O Lord God of Israel, why is so great an evil come to pass in thy people, that this day one tribe should be taken away from among us?
4 En de volgende morgen stond het volk op, bouwde daar een altaar en bracht brand- en vredeoffers.
And rising early the next day, they built an altar: and offered there holocausts, and victims of peace, and they said:
5 Daarna zeiden de Israëlieten: Wie uit al de stammen van Israël is niet ter vergadering tot Jahweh opgekomen? Want ze hadden een dure eed gezworen: Wie niet opgaat tot Jahweh te Mispa, zal sterven!
Who is there among all the tribes of Israel that came not up with the army of the Lord? for they had bound themselves with a great oath, when they were in Maspha, that whosoever were wanting should be slain.

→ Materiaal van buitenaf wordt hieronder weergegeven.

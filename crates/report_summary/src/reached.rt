//! What a function does together with the functions that it calls, at any depth.

use crate::body::{Body, body_at};
use crate::counts::NeedCounts;
use shader_ir::{Module, Severity};
use shader_uniformity::BodyLocation;
use std::alloc::{AllocError, Global};

/// What a function and those that it calls do. A function that is called more than once counts once.
#[derive(Clone, Copy)]
pub struct Reached {
    /// True if one of them has a `discard`.
    pub discards: bool,
    /// The needs of uniform control flow that no filter exempts.
    pub needs: NeedCounts,
    /// The needs that filters of severity `off` exempt.
    pub off: NeedCounts,
    /// Those that filters of severity `info` exempt.
    pub info: NeedCounts,
    /// Those that filters of severity `warning` exempt.
    pub warning: NeedCounts,
}

impl Reached {
    /// Returns what no function does.
    fn nothing() -> Reached {
        Reached {
            discards: false,
            needs: NeedCounts::none(),
            off: NeedCounts::none(),
            info: NeedCounts::none(),
            warning: NeedCounts::none(),
        }
    }

    /// Adds what a body does.
    fn add(&mut self, body: &Body) {
        self.discards = self.discards || body.discards;
        self.needs.add_all(&body.needs);
        match body.severity {
            Severity::Off => {
                self.off.add_all(&body.filtered);
            }
            Severity::Info => {
                self.info.add_all(&body.filtered);
            }
            Severity::Warning => {
                self.warning.add_all(&body.filtered);
            }
            Severity::Error => {}
        }
    }
}

/// Returns what each function of a module does.
pub fn function_bodies(alloc: Global, module: &Module) -> Result<Vec<Body>, AllocError> {
    let mut bodies = Vec::new(alloc);
    for index in 0..module.functions.len() {
        bodies.push(body_at(alloc, module, BodyLocation::Function(index))?)?;
    }
    Ok(bodies)
}

/// Marks the functions that a body calls.
fn mark_callees(marked: &mut Vec<bool>, body: &Body) {
    for callee in &body.callees {
        let callee = *callee;
        if callee < marked.len() {
            marked[callee] = true;
        }
    }
}

/// Returns whether the function at an index is marked.
fn is_marked(marked: &[bool], index: usize) -> bool {
    match marked.get(index) {
        Some(marked) => *marked,
        None => false,
    }
}

/// Returns which of the functions a body reaches by calls. Each calls only earlier ones.
fn marked_by(alloc: Global, functions: &[Body], body: &Body) -> Result<Vec<bool>, AllocError> {
    let mut marked = Vec::new(alloc);
    for _ in functions {
        marked.push(false)?;
    }
    mark_callees(&mut marked, body);
    for step in 0..functions.len() {
        let index = functions.len() - 1 - step;
        if is_marked(&marked, index) {
            mark_callees(&mut marked, &functions[index]);
        }
    }
    Ok(marked)
}

/// Returns what the body at a place does, together with the functions of the module that it calls.
pub fn reached_from(
    alloc: Global,
    module: &Module,
    functions: &[Body],
    place: BodyLocation,
) -> Result<Reached, AllocError> {
    let body = body_at(alloc, module, place)?;
    let marked = marked_by(alloc, functions, &body)?;
    let mut reached = Reached::nothing();
    reached.add(&body);
    for (index, function) in functions.iter().enumerate() {
        if is_marked(&marked, index) {
            reached.add(function);
        }
    }
    Ok(reached)
}
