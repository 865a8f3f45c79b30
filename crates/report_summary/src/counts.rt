//! How many needs of uniform control flow there are, by their kinds.

use shader_uniformity_needs::NeedKind;
use std::alloc::{AllocError, Global};

/// How many needs there are of each kind.
#[derive(Clone, Copy)]
pub struct NeedCounts {
    derivatives: usize,
    implicit_levels: usize,
    barriers: usize,
    memory_barriers: usize,
    uniform_loads: usize,
    cooperative_operations: usize,
}

/// Adds how many things there are and what they are, if there are any.
fn add_counted(
    alloc: Global,
    parts: &mut Vec<String>,
    count: usize,
    word: &str,
) -> Result<(), AllocError> {
    if count == 0 {
        return Ok(());
    }
    let ending = if count == 1 { "" } else { "s" };
    let part = format!(in alloc; "{count} {word}{ending}")?;
    parts.push(part)?;
    Ok(())
}

/// Joins parts by commas, and the last two by `and`.
fn joined(alloc: Global, parts: &[String]) -> Result<String, AllocError> {
    let mut text = String::new(alloc);
    let last = parts.len().saturating_sub(1);
    for (index, part) in parts.iter().enumerate() {
        if index > 0 {
            let separator = if index == last { " and " } else { ", " };
            text.push_str(separator)?;
        }
        text.push_str(part.as_str())?;
    }
    Ok(text)
}

impl NeedCounts {
    /// Returns the counts of no needs.
    pub fn none() -> NeedCounts {
        NeedCounts {
            derivatives: 0,
            implicit_levels: 0,
            barriers: 0,
            memory_barriers: 0,
            uniform_loads: 0,
            cooperative_operations: 0,
        }
    }

    /// Counts one need more.
    pub fn add(&mut self, kind: NeedKind) {
        match kind {
            NeedKind::Derivative => {
                self.derivatives = self.derivatives.saturating_add(1);
            }
            NeedKind::ImplicitLevel => {
                self.implicit_levels = self.implicit_levels.saturating_add(1);
            }
            NeedKind::Barrier => {
                self.barriers = self.barriers.saturating_add(1);
            }
            NeedKind::MemoryBarrier => {
                self.memory_barriers = self.memory_barriers.saturating_add(1);
            }
            NeedKind::UniformLoad => {
                self.uniform_loads = self.uniform_loads.saturating_add(1);
            }
            NeedKind::CooperativeOperation => {
                self.cooperative_operations = self.cooperative_operations.saturating_add(1);
            }
        }
    }

    /// Counts the needs of another body, too.
    pub fn add_all(&mut self, other: &NeedCounts) {
        self.derivatives = self.derivatives.saturating_add(other.derivatives);
        self.implicit_levels = self.implicit_levels.saturating_add(other.implicit_levels);
        self.barriers = self.barriers.saturating_add(other.barriers);
        self.memory_barriers = self.memory_barriers.saturating_add(other.memory_barriers);
        self.uniform_loads = self.uniform_loads.saturating_add(other.uniform_loads);
        self.cooperative_operations = self
            .cooperative_operations
            .saturating_add(other.cooperative_operations);
    }

    /// Returns the number of all needs.
    pub fn total(&self) -> usize {
        self.derivatives
            .saturating_add(self.implicit_levels)
            .saturating_add(self.barriers)
            .saturating_add(self.memory_barriers)
            .saturating_add(self.uniform_loads)
            .saturating_add(self.cooperative_operations)
    }

    /// Returns how many there are of each kind, as `2 barriers and 1 workgroupUniformLoad`.
    pub fn words(&self, alloc: Global) -> Result<String, AllocError> {
        let mut parts = Vec::new(alloc);
        add_counted(alloc, &mut parts, self.derivatives, "derivative")?;
        add_counted(
            alloc,
            &mut parts,
            self.implicit_levels,
            "implicit-level sample",
        )?;
        add_counted(alloc, &mut parts, self.barriers, "barrier")?;
        add_counted(alloc, &mut parts, self.memory_barriers, "memory barrier")?;
        add_counted(
            alloc,
            &mut parts,
            self.uniform_loads,
            "workgroupUniformLoad",
        )?;
        add_counted(
            alloc,
            &mut parts,
            self.cooperative_operations,
            "cooperative operation",
        )?;
        joined(alloc, parts.as_slice())
    }
}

6 Daar de Israëlieten medelijden met hun broeder Benjamin hadden gekregen, zeiden ze: Nu is er een stam van Israël afgesneden.
And the children of Israel being moved with repentance for their brother Benjamin, began to say: One tribe is taken away from Israel.
7 Hoe kunnen we de overgeblevenen onder hen toch nog aan vrouwen helpen, nu we bij Jahweh hebben gezworen, dat we hun onze dochters niet tot vrouw zullen geven?
Whence shall they take wives? For we have all in general sworn, not to give our daughters to them.
8 En ze vroegen: Is er misschien iemand uit de stammen van Israël niet tot Jahweh te Mispa opgegaan? Nu was er uit Jabesj-Gilad niemand naar het kamp ter vergadering gekomen.
Therefore they said: Who is thereof all the tribes of Israel, that came not up to the Lord to Maspha. And behold the inhabitants of Jabes Galaad were found not to have been in that army.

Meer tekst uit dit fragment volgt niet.